- [Task prompt] Using the entries below, write out the line with "2^126 in sum.", the line with "of a wavefront", and every line in between, exactly as each is written.

**** Input for this task

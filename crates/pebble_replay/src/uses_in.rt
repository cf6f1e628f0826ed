//! The uses of all vertices in an order.

ghost use Rattle.std.specs.Prelude.{◌≡◌, ◌<◌, ◌∷◌, [], ℕ, nat_eq, if◌then◌else◌, length, slice_index_or, IfOk, OnOk};
ghost use Rattle.std.specs.List.{AllByRecursion, IsDistinct};
ghost use Rattle.iolb_model.specs.Game.{stands_in};
ghost use Rattle.pebble_replay.specs.Order.{HoldsEachOnce};
ghost use Rattle.pebble_replay.specs.Uses.{AreUses};

use crate::uses::Uses;
use pebble_game::{Graph, Memory};
use std::alloc::Global;

/// Puts a use before those of each of some different vertices.
fn push_uses(uses: &mut Uses, us: &[u32], left: u32) -> Result<(), Memory>
    requires there { AllByRecursion (λ u. u < length uses.old) us.now }
    requires once { IsDistinct nat_eq us.now }
    ensures lists { OnOk result (length uses.new ≡ length uses.old) }
    ensures each { OnOk result ((w : ℕ) → slice_index_or uses.new w [] ≡ (if stands_in us.now w then left ∷ slice_index_or uses.old w [] else slice_index_or uses.old w [])) }
{
    for u in us {
        uses.push(*u, left)?;
    }
    Ok(())
}

/// The uses of all vertices in an order.
pub(crate) fn uses_in(alloc: Global, graph: &Graph, order: &[u32]) -> Result<Uses, Memory>
    requires { HoldsEachOnce graph.now order.now }
    ensures { IfOk result (λ uses. AreUses graph.now order.now uses) }
{
    let vertices = graph.instances() as usize + graph.inputs() as usize;
    let mut uses = Uses::new(alloc, vertices)?;
    for place in (0..order.len()).rev() {
        let left = (order.len() - place) as u32;
        push_uses(&mut uses, graph.preds_of(order[place]), left)?;
    }
    Ok(uses)
}
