//! The values of a bound and of stores at sizes.

ghost use Rattle.std.specs.Prelude.{◌≡◌, ◌≤◌, ◌<◌, ◌^◌, ◌+◌, ◌↔◌, ◌⊎◌, length, map, min, IfOk, IsErr};
ghost use Rattle.std.specs.List.{AllByRecursion};
ghost use Rattle.affine_form.specs.Form.{IsSmall};
ghost use Rattle.iolb_check.specs.Bounds.{HasWideTerm, IsCounting, IsTermValue, IsWideAt, IsWideTerm, bound_of, term_of, terms_of};
ghost use Rattle.iolb_check.specs.Claims.{claim_of_term};
ghost use Rattle.iolb_model.specs.Bound.{AreMet, bound_value, branch_value, count_value, term_value};
ghost use Rattle.iolb_model.specs.declared.limits.TheConstants.{MEASURE, VALUE_SIZE};
ghost use Rattle.poly_tree.specs.Printed.{polynomial_of};
ghost use Rattle.store_bound.specs.Counted.{computed_values, named_values};
ghost use Rattle.store_bound.specs.Values.{EvaluatesBoth, HasWideCount, HasWordValue, HaveWordValues, IsWavefront, IsWideTraffic, output_value, store_value, word_value};

use crate::counted::word_statement;
use crate::fault::Traffic;
use affine_form::System;
use iolb_check::evaluation::{count_at, red_at, widened};
use iolb_check::{Bound, Term, Value, ValueFault};
use iolb_model::limits;
use poly_tree::{Poly, Wide};

/// How many instances an output has at sizes that meet the assumptions, by its count, or 2^126 if that is less.
fn output_at(count: &Poly, assumed: &System, point: &[i128]) -> Result<u128, Wide>
    requires counting { IsCounting assumed.now count.now }
    requires each { length point.now ≡ assumed.now.vars }
    requires met { AreMet assumed.now.rows point.now }
    ensures value { IfOk result (λ value. value ≡ min (count_value (polynomial_of count.now) point.now) MEASURE) }
    ensures wide { IsErr result ↔ IsWideAt point.now count.now }
{
    let value = count_at(count, assumed, point)?;
    Ok(value.min(limits::MEASURE))
}

/// How many instances outputs have at sizes that meet the assumptions, by their counts, or 2^126 if that is less. It is `Wide`
/// exactly where the terms of a count reach 2^126 in sum.
fn outputs_at(counts: &[Poly], assumed: &System, point: &[i128]) -> Result<u128, Wide>
    requires counting { AllByRecursion (IsCounting assumed.now) counts.now }
    requires each { length point.now ≡ assumed.now.vars }
    requires met { AreMet assumed.now.rows point.now }
    ensures value { IfOk result (λ value. value ≡ min (output_value counts.now point.now) MEASURE) }
    ensures narrow { IfOk result (λ value. ¬ HasWideCount point.now counts.now) }
    ensures wide { IsErr result → HasWideCount point.now counts.now }
{
    let mut total = 0;
    for count in counts {
        let value = output_at(count, assumed, point)?;
        total = (value + total).min(limits::MEASURE);
    }
    Ok(total)
}

/// The value of a wavefront term at sizes that meet the assumptions, or 2^126 if that is less: how many words it has, less `s`
/// for each vertex.
fn words_of(value: &Value, assumed: &System, point: &[i128], s: u64) -> Result<u128, Wide>
    requires counting { IsTermValue assumed.now value.now }
    requires front { IsWavefront value.now }
    requires each { length point.now ≡ assumed.now.vars }
    requires met { AreMet assumed.now.rows point.now }
    ensures value { IfOk result (λ words. words ≡ min (term_value (term_of value.now) point.now s) MEASURE) }
    ensures wide { IsErr result ↔ IsWideTerm point.now s value.now }
{
    let Value::Wavefront { pairs, outer } = value else {
        unreachable!();
    };
    let words = count_at(pairs, assumed, point)?;
    let red = red_at(outer, assumed, point, u128::from(s))?;
    Ok(words.saturating_sub(red).min(limits::MEASURE))
}

/// The value of a term, if its words were computed, and else 0; or 2^126 if that is less.
fn term_at(
    term: &Term,
    value: &Value,
    assumed: &System,
    point: &[i128],
    s: u64,
) -> Result<u128, Wide>
    requires valued { HasWordValue (claim_of_term term.now) value.now }
    requires counting { IsTermValue assumed.now value.now }
    requires each { length point.now ≡ assumed.now.vars }
    requires met { AreMet assumed.now.rows point.now }
    ensures value { IfOk result (λ words. words ≡ min (word_value (claim_of_term term.now) value.now point.now s) MEASURE) }
    ensures wide { IsErr result → IsWideTerm point.now s value.now }
{
    if word_statement(term).is_some() {
        words_of(value, assumed, point, s)
    } else {
        Ok(0)
    }
}

/// The sum of these values, or 2^126 if that is less.
fn words_at(
    terms: &[Term],
    values: &[Value],
    assumed: &System,
    point: &[i128],
    s: u64,
) -> Result<u128, Wide>
    requires valued { HaveWordValues (map claim_of_term terms.now) values.now }
    requires counting { AllByRecursion (IsTermValue assumed.now) values.now }
    requires each { length point.now ≡ assumed.now.vars }
    requires met { AreMet assumed.now.rows point.now }
    ensures value { IfOk result (λ total. total ≡ min (branch_value (terms_of (computed_values (map claim_of_term terms.now) values.now)) point.now s) MEASURE) }
    ensures wide { IsErr result → HasWideTerm point.now s values.now }
{
    let mut total = 0;
    for i in 0..terms.len().min(values.len()) {
        let words = term_at(&terms[i], &values[i], assumed, point, s)?;
        total = (words + total).min(limits::MEASURE);
    }
    Ok(total)
}

/// The values of the terms of the branch of this number: none where there is no number, or no such branch.
fn named_values(bound: &Bound, branch: Option<u8>) -> &[Value]
    ensures values { result.now ≡ named_values bound.now.branches branch }
    ensures counting { AllByRecursion (IsTermValue bound.now.assumed) result.now }
{
    let Some(number) = branch else {
        return &[];
    };
    match bound.branch_lists().get(usize::from(number)) {
        Some(values) => values.as_slice(),
        None => &[],
    }
}

/// The value of stores at sizes that meet the assumptions, or at least 2^126 if that is less: of the outputs by their counts, and
/// of the terms of the named branch whose words were computed.
fn stores_at(
    counts: &[Poly],
    terms: &[Term],
    values: &[Value],
    assumed: &System,
    point: &[i128],
    s: u64,
) -> Result<u128, Wide>
    requires counts { AllByRecursion (IsCounting assumed.now) counts.now }
    requires valued { HaveWordValues (map claim_of_term terms.now) values.now }
    requires counting { AllByRecursion (IsTermValue assumed.now) values.now }
    requires each { length point.now ≡ assumed.now.vars }
    requires met { AreMet assumed.now.rows point.now }
    ensures value { IfOk result (λ total. total ≡ min (store_value counts.now (computed_values (map claim_of_term terms.now) values.now) point.now s) MEASURE) }
    ensures narrow { IfOk result (λ total. ¬ HasWideCount point.now counts.now) }
    ensures wide { IsErr result → HasWideCount point.now counts.now ⊎ HasWideTerm point.now s values.now }
{
    let outputs = outputs_at(counts, assumed, point)?;
    let words = words_at(terms, values, assumed, point, s)?;
    Ok((outputs + words).min(limits::MEASURE))
}

/// The value of stores at sizes that meet the assumptions, or 2^126 if that is less: of the outputs by their counts, and of the
/// terms of the branch of this number whose words were computed.
fn stored_at(
    bound: &Bound,
    counts: &[Poly],
    terms: &[Term],
    branch: Option<u8>,
    sizes: &[i64],
    s: u64,
) -> Result<u128, Wide>
    requires counting { AllByRecursion (IsCounting bound.now.assumed) counts.now }
    requires valued { HaveWordValues (map claim_of_term terms.now) (named_values bound.now.branches branch) }
    requires each { length sizes.now ≡ bound.now.assumed.vars }
    requires met { AreMet bound.now.assumed.rows sizes.now }
    ensures value { IfOk result (λ total. total ≡ min (store_value counts.now (computed_values (map claim_of_term terms.now) (named_values bound.now.branches branch)) sizes.now s) MEASURE) }
    ensures narrow { IfOk result (λ total. ¬ HasWideCount sizes.now counts.now) }
    ensures wide { IsErr result → HasWideCount sizes.now counts.now ⊎ HasWideTerm sizes.now s (named_values bound.now.branches branch) }
{
    let assumed = bound.assumed();
    let variables = assumed.vars();
    let wide = widened(sizes);
    let point = &wide[..variables];
    let values = named_values(bound, branch);
    stores_at(counts, terms, values, assumed, point, s)
}

/// The value of a bound at sizes, and that of stores: of the outputs by their counts, and of the terms of the branch of this
/// number whose words were computed.
///
/// # Errors
///
/// Those of `Bound::value`; and `Wide` also where the terms of a count reach 2^126 in sum, or both values together do.
pub(crate) fn both_at(
    bound: &Bound,
    counts: &[Poly],
    terms: &[Term],
    branch: Option<u8>,
    sizes: &[i64],
    s: u64,
) -> Result<Traffic, ValueFault>
    requires counting { AllByRecursion (IsCounting bound.now.assumed) counts.now }
    requires valued { HaveWordValues (map claim_of_term terms.now) (named_values bound.now.branches branch) }
    requires each { length sizes.now ≡ bound.now.assumed.vars }
    requires small { AllByRecursion (IsSmall VALUE_SIZE) sizes.now }
    requires some { 1 ≤ s }
    requires few { s < 2 ^ 63 }
    ensures { EvaluatesBoth bound.now.assumed.rows sizes.now (bound_value (bound_of bound.now) sizes.now s)
        (store_value counts.now (computed_values (map claim_of_term terms.now) (named_values bound.now.branches branch)) sizes.now s)
        (IsWideTraffic sizes.now s bound.now.branches counts.now (bound_value (bound_of bound.now) sizes.now s
        + store_value counts.now (computed_values (map claim_of_term terms.now) (named_values bound.now.branches branch)) sizes.now s)) result }
{
    let loads = bound.value(sizes, s)?;
    let Ok(stores) = stored_at(bound, counts, terms, branch, sizes, s) else {
        return Err(ValueFault::Wide);
    };
    if loads.saturating_add(stores) < limits::MEASURE {
        Ok(Traffic { loads, stores })
    } else {
        Err(ValueFault::Wide)
    }
}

********

- [Expected answer]
/// exactly where the terms of a count reach 2^126 in sum.
fn outputs_at(counts: &[Poly], assumed: &System, point: &[i128]) -> Result<u128, Wide>
    requires counting { AllByRecursion (IsCounting assumed.now) counts.now }
    requires each { length point.now ≡ assumed.now.vars }
    requires met { AreMet assumed.now.rows point.now }
    ensures value { IfOk result (λ value. value ≡ min (output_value counts.now point.now) MEASURE) }
    ensures narrow { IfOk result (λ value. ¬ HasWideCount point.now counts.now) }
    ensures wide { IsErr result → HasWideCount point.now counts.now }
{
    let mut total = 0;
    for count in counts {
        let value = output_at(count, assumed, point)?;
        total = (value + total).min(limits::MEASURE);
    }
    Ok(total)
}

/// The value of a wavefront term at sizes that meet the assumptions, or 2^126 if that is less: how many words it has, less `s`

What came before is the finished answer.